Certaines analyses, y compris celles d'Environnement Canada, montrent toutefois que les mesures de réduction en place, y compris les initiatives provinciales, ne seront pas suffisantes pour atteindre cet objectif.

La même analyse était valable pour l'objectif précédent, également fixé par les conservateurs. En vertu de l'accord de Copenhague, en 2009. Ottawa et Washington s'étaient engagés à réduire leurs émissions de 17 % par rapport au niveau de 2005, mais d'ici 2020.

Environnement Canada rapportait pour 2014 des émissions nationales de GES de 732 mégatonnes, la cinquième augmentation annuelle de suite. À des fins de comparaison, une voiture de taille moyenne émet entre 2 à 3 tonnes de GES par année; (une mégatonne équivaut à un million de tonnes).

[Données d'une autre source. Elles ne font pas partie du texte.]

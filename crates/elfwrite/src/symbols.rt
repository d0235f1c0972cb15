//! The parts that hold the resource table, the symbols and names.

ghost use Rattle.std.specs.Prelude.{◌≡◌, ◌<◌, ◌^◌, ◌++◌, length, IfOk, OnOk};
ghost use Rattle.elfwrite.specs.Written as written;

use crate::bytes::{put_filled, put_halves, put_words};
use crate::extra::Extra;
use pruelf::{SECTION_NAMES, Sym, SymbolPart};
use prunum::Memory;
use std::alloc::Global;

fn info_of(function: bool) -> u8
    ensures { result ≡ written.info_of function }
{
    if function { 0x12 } else { 0x11 }
}

fn section_of(part: SymbolPart) -> u64
    ensures { result ≡ written.section_of part }
{
    match part {
        SymbolPart::Used => 0,
        SymbolPart::Code => 1,
        SymbolPart::Data => 2,
        SymbolPart::Zero => 3,
    }
}

/// A symbol whose name begins at this place.
fn put_symbol(out: &mut Vec<u8>, name: usize, symbol: &Sym) -> Result<(), Memory>
    ensures { OnOk result (out.new.items ≡ out.old.items ++ written.symbol_bytes name symbol.now) }
{
    let value = u64::from(symbol.value);
    let size = u64::from(symbol.size);
    put_words(out, &[name as u64, value, size])?;
    out.extend_from_slice(&[info_of(symbol.function), 0])?;
    put_halves(out, &[section_of(symbol.part)])
}

/// The symbols, whose names have this length together.
fn put_symbols(out: &mut Vec<u8>, symbols: &[Sym]) -> Result<(), Memory>
    requires { length (written.names_bytes symbols.now) < 2 ^ 32 }
    ensures { OnOk result (out.new.items ≡ out.old.items ++ written.symbols_bytes 1 symbols.now) }
{
    let mut name = 1;
    for symbol in symbols {
        put_symbol(out, name, symbol)?;
        name += symbol.name.as_slice().len() + 1;
    }
    Ok(())
}

fn put_name(out: &mut Vec<u8>, symbol: &Sym) -> Result<(), Memory>
    ensures { OnOk result (out.new.items ≡ out.old.items ++ written.name_bytes symbol.now) }
{
    out.extend_from_slice(symbol.name.as_slice())?;
    Ok(out.push(0)?)
}

/// The names of the symbols, one behind the other.
pub fn names(alloc: Global, symbols: &[Sym]) -> Result<Vec<u8>, Memory>
    ensures { IfOk result (λ v. v.items ≡ written.names_bytes symbols.now) }
{
    let mut out = Vec::new(alloc);
    out.push(0)?;
    for symbol in symbols {
        put_name(&mut out, symbol)?;
    }
    Ok(out)
}

/// The resource table and the symbols, whose names have this length together.
pub fn put_besides(out: &mut Vec<u8>, extra: &Extra) -> Result<(), Memory>
    requires { length (written.names_bytes extra.now.symbols) < 2 ^ 32 }
    ensures { OnOk result (out.new.items ≡ out.old.items ++ written.besides_bytes extra.now) }
{
    out.extend_from_slice(extra.table())?;
    out.extend_from_slice(&[0; 16])?;
    put_symbols(out, extra.symbols())
}

#[tactic(auto, unfolding(crate::specs::Written::section_names_bytes))]
fn put_section_names(out: &mut Vec<u8>) -> Result<(), Memory>
    ensures { OnOk result (out.new.items ≡ out.old.items ++ written.section_names_bytes) }
{
    put_filled(out, &SECTION_NAMES)
}

/// The symbols' names and the sections' names.
pub fn put_strings(out: &mut Vec<u8>, extra: &Extra, names: &[u8]) -> Result<(), Memory>
    requires names { names.now ≡ written.names_bytes extra.now.symbols }
    requires small { length names.now < 2 ^ 32 }
    ensures { OnOk result (out.new.items ≡ out.old.items ++ written.strings_bytes extra.now) }
{
    put_filled(out, names)?;
    put_section_names(out)
}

La croissance des émissions au Canada depuis 1990 est en majeure partie attribuable à l'augmentation des émissions découlant de l'exploitation pétrolière et gazière et du secteur des transports.

Collaborer avec les provinces

Le ministère de l'Environnement souligne qu'il n'écarte pas d'établir un objectif plus contraignant.

« L'Accord de Paris, pour lequel vous savez que le Canada a joué un rôle clé dans les négociations, comprend une obligation pour tous les pays signataires de démontrer une ambition croissante progressive - y compris des cibles de plus en plus ambitieuses », ajoute ainsi la porte-parole de la ministre McKenna.

Pendant la campagne électorale, les libéraux n'avaient pas établi de cibles chiffrées, disant préférer collaborer avec les provinces pour établir un cadre canadien de lutte contre les changements climatiques.

En mars dernier, le premier ministre Justin Trudeau et ses homologues provinciaux se sont réunis à Vancouver pour discuter de l'adoption d'un cadre pancanadien de lutte contre les changements climatiques, mais les discussions n'ont pas permis de fixer de nouvelles cibles ni de conclure une entente sur un prix pancanadien du carbone.

Le premier ministre Trudeau rencontrera à nouveau ses homologues des provinces et des territoires à l'automne.